IL SOLE 24 ORE
Processo civile. Lo strumento, pur previsto dalla riforma del 2013, non è ancora diffuso
La mediazione si fa strada anche in appello
È facoltà discrezionale del giudice, anche in appello, disporre la mediazione. A prescindere dall’obbligatorietà o meno della mediazione ante causam o dalla vigenza o meno della norma che prevede tale potere prima dell’introduzione della specifica lite. Per cui anche la Corte di appello può ordinare la mediazione, disponendo che le parti debbano comparire personalmente dinanzi al mediatore designato.
Perviene a queste conclusioni la Corte di appello di Milano (Prima sezione civile, presidente Boiti, relatore Fiecconi), con l’ordinanza del 22 marzo scorso, che apre la strada alla mediazione iussu iudicis dinanzi alla stessa Corte. Qui risultano depositate già altre ordinanze del medesimo contenuto, segno di una scelta ben consapevole dell’utilizzo dello strumento mediativo.
Si tratta di un segnale molto importante dopo che, a partire dall’ottobre 2015, per prima la Corte di appello di Firenze aveva iniziato a disporre la mediazione in esito alla riforma del 2013, che ha trasformato l’invito del giudice a mediare in un corrispondente potere.
I dati statistici sulla mediazione demandata dal giudice in questi ultimi due anni segnano un incremento esponenziale dinanzi ai Tribunali, mentre tale opportunità è rimasta per lo più disattesa nelle Corti di appello, evidentemente meno inclini sinora al suo impiego.

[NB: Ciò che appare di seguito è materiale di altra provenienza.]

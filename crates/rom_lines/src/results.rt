//! Results that are kept small, in room that is reserved before they come.
ghost use Rattle.std.specs.Prelude.{◌≡◌, ◌<◌, ◌≤◌, [], ◌∷◌, ◌++◌, length, IfOk, IsSome, Some, slice_get};
ghost use Rattle.rom_model.specs.declared.line.LineResult.TheVariants.{Unread, Read, Update};
ghost use Rattle.rom_model.specs.declared.call.Updated.TheVariants.{Done};
ghost use Rattle.rom_lines.specs.Replies.{TookRoom, HasRoomFor, HasReplyWords, SaysResultAt, undone_as, updated_as};

use crate::script::Script;
use rom_model::{Back, LineResult, Object, Updated};
use std::alloc::{AllocError, Global};
use std::marker::Model;
use std::mem::size_of;

/// Why an update was not done.
#[derive(Clone, Copy, Debug, PartialEq, Eq)]
pub enum Undone {
    /// The count of updates stands at its limit.
    Spent,
    /// The device failed before the commit.
    Failed,
    /// The device failed at the commit. The update is not in the history, but a stop before the
    /// next repair may leave it done.
    Doubt,
}

/// What became of an update. The words of its reply stand elsewhere.
#[derive(Clone, Copy, Debug, PartialEq, Eq)]
pub enum Became {
    /// It was done: its place in the history.
    Done(u64),
    Undone(Undone),
}

/// What stands for a result.
#[derive(Clone, Copy, Debug)]
pub(crate) enum Cell {
    Unread,
    /// The place of the update, where the words of its reply begin, and how many they are.
    Done(u64, u64, u64),
    Undone(Undone),
    /// A front, and where the answer stands.
    Read(u64, u64),
}

// A result has no more, and the words of its reply, or its answer.
const _: () = prove!(size_of::<Cell>() == 32);

/// What became of a line.
#[derive(Clone, Copy, Debug)]
pub enum Told<'a, A> {
    Unread,
    /// The words of the reply, and the place of the update.
    Done(&'a [u64], u64),
    Undone(Undone),
    /// An answer and its front.
    Read(&'a A, u64),
}

/// The results of lines, in order. A contract sees what became of each line, and how much room is left.
/// Nothing but `with_room` and `for_script` takes memory.
#[derive(Drop)]
pub struct Results<O: Object> {
    cells: Vec<Cell>,
    words: Vec<u64>,
    answers: Vec<O::Answer>,
}

impl<O: Object> Model for Results<O> {
    ghost use Rattle.std.specs.Prelude.{◌+◌, ◌-◌, ◌≤◌, map, All, vec_len, vec_capacity};
    ghost use Rattle.rom_model.specs.declared.line.LineResult.{LineResult};
    ghost use Rattle.rom_lines.specs.Replies.{Reserved, ReplyCellFits, result_of};

    ghost Value = { Reserved (LineResult O.Reply O.Answer) };

    ghost view = { λ s. record {
      items = map (result_of O.machine.words_reply s.words.items s.answers.items) s.cells.items;
      lines = vec_capacity s.cells - vec_len s.cells;
      words = vec_capacity s.words - vec_len s.words;
    } };

    // There is room for an answer wherever there is room for a result. It costs no page before it is used.
    ghost invariant = { λ s. All (ReplyCellFits O.machine.words_reply s.words.items s.answers.items) s.cells.items
        × (vec_capacity s.cells + vec_len s.answers ≤ vec_capacity s.answers + vec_len s.cells) };
}

impl<O: Object> Results<O> {
    /// No results, and room for so many, whose replies have so many words together.
    pub fn with_room(alloc: Global, lines: usize, words: usize) -> Result<Self, AllocError>
        ensures none { IfOk result (λ made. made.items ≡ []) }
        ensures room { IfOk result (λ made. (made.lines ≡ lines) × (made.words ≡ words)) }
    {
        let cells = Vec::with_capacity(alloc, lines)?;
        let words = Vec::with_capacity(alloc, words)?;
        let answers = Vec::with_capacity(alloc, lines)?;
        Ok(Results {
            cells,
            words,
            answers,
        })
    }

    /// No results, and room for one of each line of a script.
    pub fn for_script(alloc: Global, script: &Script<O>) -> Result<Self, AllocError>
        ensures none { IfOk result (λ made. made.items ≡ []) }
        ensures room { IfOk result (HasRoomFor O.machine.call_words script.now.items) }
    {
        match script.reply_words() {
            None => Err(AllocError),
            Some(words) => Self::with_room(alloc, script.len(), words),
        }
    }

    /// How many results there are.
    pub fn len(&self) -> usize
        ensures { result ≡ length self.now.items }
    {
        self.cells.len()
    }

    /// Adds the result of a line that is no command.
    pub fn push_unread(&mut self)
        requires { 0 < self.old.lines }
        ensures added { self.new.items ≡ self.old.items ++ Unread ∷ [] }
        ensures room { TookRoom self.old self.new 0 }
    {
        self.cells.push_reserved(Cell::Unread);
    }

    /// Adds an answer and its front.
    pub fn push_read(&mut self, answer: O::Answer, front: u64)
        requires { 0 < self.old.lines }
        ensures added { self.new.items ≡ self.old.items ++ Read answer front ∷ [] }
        ensures room { TookRoom self.old self.new 0 }
    {
        let at = self.answers.len() as u64;
        self.answers.push_reserved(answer);
        self.cells.push_reserved(Cell::Read(front, at));
    }

    /// Adds what became of an update: these are the words of its reply, where it was done.
    pub fn push_update(&mut self, became: Became, words: &Back)
        requires reply { HasReplyWords O.machine.words_reply became words.now }
        requires line { 0 < self.old.lines }
        requires room { length words.now ≤ self.old.words }
        ensures added { self.new.items ≡ self.old.items
            ++ Update (updated_as O.machine.words_reply became words.now) ∷ [] }
        ensures room { TookRoom self.old self.new (length words.now) }
    {
        match became {
            Became::Done(place) => self.push_done(words, place),
            Became::Undone(why) => self.push_undone(why),
        }
    }

    /// Adds that an update was done, by the words of its reply, at a place.
    fn push_done(&mut self, words: &Back, place: u64)
        requires reply { IsSome (O.machine.words_reply words.now) }
        requires line { 0 < self.old.lines }
        requires room { length words.now ≤ self.old.words }
        // The words come behind those of the replies before, and are read as the reply that they were here.
        ensures added { (reply : O.Reply) → O.machine.words_reply words.now ≡ Some reply →
            self.new.items ≡ self.old.items ++ Update (Done reply place) ∷ [] }
        ensures room { TookRoom self.old self.new (length words.now) }
    {
        let from = self.words.len() as u64;
        self.words.extend_from_slice(words.as_slice()).unwrap();
        self.cells
            .push_reserved(Cell::Done(place, from, words.len()));
    }

    /// Adds that an update was not done.
    fn push_undone(&mut self, why: Undone)
        requires { 0 < self.old.lines }
        ensures added { self.new.items ≡ self.old.items ++ Update (undone_as why) ∷ [] }
        ensures room { TookRoom self.old self.new 0 }
    {
        self.cells.push_reserved(Cell::Undone(why));
    }

    /// The result at an index, counted from 0, with the words of its reply.
    pub fn at(&self, i: usize) -> Told<'_, O::Answer>
        requires { i < length self.now.items }
        ensures { SaysResultAt O.machine.words_reply self.now.items i result }
    {
        match self.cells[i] {
            Cell::Unread => Told::Unread,
            Cell::Done(place, from, many) => Told::Done(
                &self.words[from as usize..(from + many) as usize],
                place,
            ),
            Cell::Undone(why) => Told::Undone(why),
            Cell::Read(front, at) => Told::Read(&self.answers[at as usize], front),
        }
    }

    /// The result at an index, counted from 0, with its reply, which is read from its words here.
    pub fn whole(&self, i: usize) -> LineResult<O::Reply, O::Answer>
        requires { i < length self.now.items }
        ensures { slice_get self.now.items i ≡ Some result }
    {
        match self.at(i) {
            Told::Unread => LineResult::Unread,
            Told::Done(words, place) => {
                let reply = O::words_reply(&Back::of(words)).unwrap();
                LineResult::Update(Updated::Done(reply, place))
            }
            Told::Undone(Undone::Spent) => LineResult::Update(Updated::Spent),
            Told::Undone(Undone::Failed) => LineResult::Update(Updated::Failed),
            Told::Undone(Undone::Doubt) => LineResult::Update(Updated::Doubt),
            Told::Read(answer, front) => LineResult::Read(*answer, front),
        }
    }
}
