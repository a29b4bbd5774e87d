//! The inputs of a command, of which the first may be a stream with a head.
ghost use Rattle.std.specs.Prelude.{◌≡◌, All, IfOk, length, map};
ghost use Rattle.rom_name.specs.Peeked.{IsUnread, source_of};

use crate::peeked::Peeked;
use rom_text::Source;
use std::alloc::{AllocError, Global};

/// The sources, in their order, each so that its first message may be looked at.
pub fn peek_all<S: Source + Drop>(
    alloc: Global,
    sources: Vec<S>,
) -> Result<Vec<Peeked<S>>, AllocError>
    ensures many { IfOk result (λ peeked. length peeked.items ≡ length sources.items) }
    ensures same { IfOk result (λ peeked. map source_of peeked.items ≡ sources.items) }
    ensures unread { IfOk result (λ peeked. All IsUnread peeked.items) }
{
    let mut peeked = Vec::with_capacity(alloc, sources.len())?;
    for source in sources {
        peeked.push_reserved(Peeked::over(source));
    }
    Ok(peeked)
}
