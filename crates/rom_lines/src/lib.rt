//! The lines of a script and their results, kept small.
//!
//! It knows what lines ask for and what they were told; it knows neither how a line is written nor who runs
//! it.
//!
//! A `Step` has room for the widest call there is, and a `LineResult` for the widest reply. Here a line
//! has the words of its own call, and a result those of its own reply, in a list beside. A contract
//! sees the same lists as before: of steps, and of results.
//!
//! The contracts promise that a script has the lines that were put into it, in their order, and that a
//! line is handed out with the words of its call. They promise the same of results and replies. Room
//! for all results is reserved before the first, and nothing takes memory afterwards.
//
// A caller's loop goes over `line(i)` for `i` below `len`. Its invariant is on `take i items`, for what is done,
// and on `HasRoomFor .. (drop i items)`, for what is left. `IsLineAt` has both steps; `room_left` of
// proofs/Replies takes the second. A store's update takes the words of a line, and leaves those of the reply
// in a `Back`; `push_update` takes them from there. Room for them is twice the words of the calls, by the law
// `reply_few` of an object.
#![tactic(auto)]

mod results;
mod script;

pub use results::{Became, Results, Told, Undone};
pub use script::{Line, Script};
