//! Elements that are written in the lines of a script.
ghost use Rattle.std.specs.Prelude.{◌≡◌, ℕ, ◌+◌, ◌*◌, ◌<◌, ◌≤◌, List, length};
ghost use Rattle.rom_text.specs.Streams.{Prints};
ghost use Rattle.rom_carry.specs.Carried.{Bounds};
ghost use Rattle.rom_carry.specs.Scripts.{between, script_of};

use rom_text::{IoFailed, Sink};

/// Elements of a heap, as they are written in the lines of a script.
pub trait Written {
    /// The lines that put them into a heap, without LF.
    ghost lines: { Self → List (List ℕ) };

    /// How long a line is at most, how many lines a part of them has, and how many parts there are at most.
    ghost bounds: { Bounds };

    ghost PART: { ℕ };

    /// How many lines a part of them has at most. A part is within what a script may have.
    const PART: u64;

    /// How many lines there are.
    fn len(&self) -> u64
        requires few { length (lines self.now) ≤ bounds.part * bounds.parts }
        ensures { result ≡ length (lines self.now) };

    /// Prints the lines from that index on up to the other one, each with its LF.
    fn print_lines<K: Sink>(&self, from: u64, to: u64, out: &mut K) -> Result<(), IoFailed>
        requires order { from ≤ to }
        requires within { to ≤ length (lines self.now) }
        requires few { length (lines self.now) ≤ bounds.part * bounds.parts }
        ensures prints { Prints K.shown out.old out.new result
            (script_of (between from to (lines self.now))) };

    /// How many bytes these lines have, with their LFs.
    fn lines_len(&self, from: u64, to: u64) -> u64
        requires order { from ≤ to }
        requires within { to ≤ length (lines self.now) }
        requires few { length (lines self.now) ≤ bounds.part * bounds.parts }
        ensures { result ≡ length (script_of (between from to (lines self.now))) };

    /// The constant is what the bounds say.
    ghost part_is: { bounds.part ≡ PART };

    /// A part is within what a script may have.
    ghost part_fits: { (0 < bounds.part) × (bounds.part * (bounds.longest + 1) ≤ 1048576) × (bounds.part ≤ 131072) };

    /// There are at most 61,440 lines, and 64 parts.
    ghost at_most: { (bounds.part * bounds.parts ≤ 61440) × (bounds.parts ≤ 64) };
}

La Corte milanese, che non ispira la sua scelta ad una finalità meramente deflativa, rileva come la norma che prevede tale facoltà anche in grado di appello «intende incentivare strumenti di risoluzione delle controversie preposti a facilitare l’accesso alla giustizia con l’assistenza di un mediatore qualificato al fine di promuovere una stabile composizione amichevole delle controversie e di ridurre i costi del contenzioso civile».
Peraltro, nel caso di specie, la Corte ritiene che non sussistano ostacoli all’esercizio di detto potere giudiziale in relazione ad una vicenda commerciale relativa alla cessione di crediti, «non apparendo sussistere significativi squilibri d’interesse tra le parti o particolari esigenze di ottenere un’interpretazione autorevole della legge o un precedente vincolante».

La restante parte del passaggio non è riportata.